S'extirper du piège de la taille ne sera pas simple. Cela passera fatalement par des acquisitions. La priorité va au renforcement américain car, avec moins de 5 % du marché, la société est trop petite dans un territoire trop grand. L'autre axe stratégique sera le renforcement dans les parfums, car depuis le succès Thierry Mugler, peu de produits ont percé. Une solution serait de s'orienter vers une politique de licences, comme celle qui a si bien réussi aux français Coty ou Interparfums. La troisième piste consiste à multiplier les magasins en propre, notamment aux Etats-Unis.

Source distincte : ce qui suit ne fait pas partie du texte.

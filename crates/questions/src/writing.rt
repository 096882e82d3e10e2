// The answers to a list of questions, from the notes that one analysis left.
ghost use Rattle.std.specs.Prelude.{◌*◌, ◌<◌, ◌≤◌, ◌≡◌, length};
ghost use Rattle.std.proofs.lemmas.List.Edits.{sets};
ghost use Rattle.questions.specs.Noted.{noted_answer, noted_answers, NotesReach};

use crate::list::question_at;
use analysis::labelling::Mark;
use analysis::noting::Note;
use labels::Question;

// The answer to a question: 1 where its variable is secret in what is noted for its command, which is what enters it.
#[tactic(auto, using(crate::proofs::NotedAnswers::answer_byte), unfolding(crate::specs::Noted::noted_answer, analysis::specs::Notes::note_in))]
fn answer_to(notes: &[Note], question: Question) -> u8
    requires { question.node < length notes.now }
    ensures { result ≡ noted_answer notes.now question }
{
    u8::from(Mark::Variable(question.variable).label(notes[question.node].labels()))
}

// Writes the answers to the first so many questions of a list, each a byte, from the front of a buffer. What it promises is of any first so many, so
// their number stands beside the list.
#[tactic(auto, using(crate::proofs::NotedAnswers::one_more))]
pub fn write_answers(notes: &[Note], questions: &[u8], count: usize, out: &mut [u8])
    requires { NotesReach notes.now questions.now count × (4 * count ≤ length questions.now) × (count ≤ length out.old) }
    ensures { out.new ≡ sets out.old 0 (noted_answers notes.now questions.now count) }
{
    for i in 0..count {
        out[i] = answer_to(notes, question_at(questions, i));
    }
}
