// A list of questions in bytes: pairs of a node and a variable, 2 bytes each. Whether all that it asks can be asked is told before anything is
// labelled. C lends bytes, and a pair goes by its number in them, as in the definitions (`question_at`, `all_askable`, `noted_answers`).
ghost use Rattle.std.specs.Prelude.{◌+◌, ◌*◌, ◌≤◌, ◌≡◌, length};
ghost use Rattle.reader.specs.Index.{table_of};
ghost use Rattle.labels.specs.Questions.{pairs_in, question_at, askable as can_be_asked, all_askable, answerable as can_be_answered};

use bytes_le::get::whole_u16;
use labels::{MAX_QUESTIONS, Question};
use reader::accepted::Accepted;

const PAIR_BYTES: usize = 4;

// How many whole pairs a list has.
pub fn pairs_in(questions: &[u8]) -> usize
    ensures { result ≡ pairs_in questions.now }
{
    questions.len() / PAIR_BYTES
}

// Pair i of a list.
#[tactic(auto, unfolding(labels::specs::Questions::question_at))]
pub fn question_at(questions: &[u8], i: usize) -> Question
    requires { 4 * i + 4 ≤ length questions.now }
    ensures { result ≡ question_at questions.now i }
{
    let at = PAIR_BYTES * i;
    Question {
        node: whole_u16(questions, at),
        variable: whole_u16(questions, at + 2),
    }
}

// Whether a question can be asked: its node is a command, and its variable is declared.
#[tactic(auto, using(crate::proofs::Lists::by_tests))]
fn askable(table: &Accepted, question: Question) -> bool
    ensures { result ≡ can_be_asked (table_of table.now) question }
{
    question.node < table.count()
        && table.is_command(question.node)
        && question.variable < table.declared().header.variables
}

// Whether all questions of a list can.
fn all_askable(table: &Accepted, questions: &[u8]) -> bool
    ensures { result ≡ all_askable (table_of table.now) questions.now (pairs_in questions.now) }
{
    (0..pairs_in(questions)).all(|i| askable(table, question_at(questions, i)))
}

// Whether a list is answered: it is not too long, it does not end inside a pair, and all of it can be asked.
#[tactic(auto, using(crate::proofs::Lists::by_tests))]
pub fn answerable(table: &Accepted, questions: &[u8]) -> bool
    ensures { result ≡ can_be_answered (table_of table.now) questions.now }
{
    let length = questions.len();
    length <= PAIR_BYTES * MAX_QUESTIONS
        && length % PAIR_BYTES == 0
        && all_askable(table, questions)
}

Pour faire tout cela, Clarins pense pouvoir mobiliser jusqu'à 2 milliards d'euros, y compris en descendant au capital, avec l'objectif de doubler de taille tout en gardant le contrôle. Mais les cibles sont rares et petites. Une alliance avec PPR pour récupérer les parfums Yves Saint Laurent serait spectaculaire mais ne résoudrait pas le problème américain. Quand aux belles américaines, elles sont très chères car courtisées par les fonds d'investissement. Une solution pourrait consister à s'adosser à l'un d'eux pour multiplier sa force de frappe. Toutes solutions intéressantes quoique risquées, mais, comme le souligne Rodrigue après avoir résolu son dilemme,
« à vaincre sans péril, on triomphe sans gloire ».
Les atouts...
- Numéro un dans les soinsen Europe.- Bonne santé financière.- Contrôle de l'entreprise.
... et les risques
- Faiblesse dans les parfums.- Taille insuffisante faceaux concurrents et aux grands distributeurs.- Trop faible aux Etats-Unis.- Peu de cibles à acheter.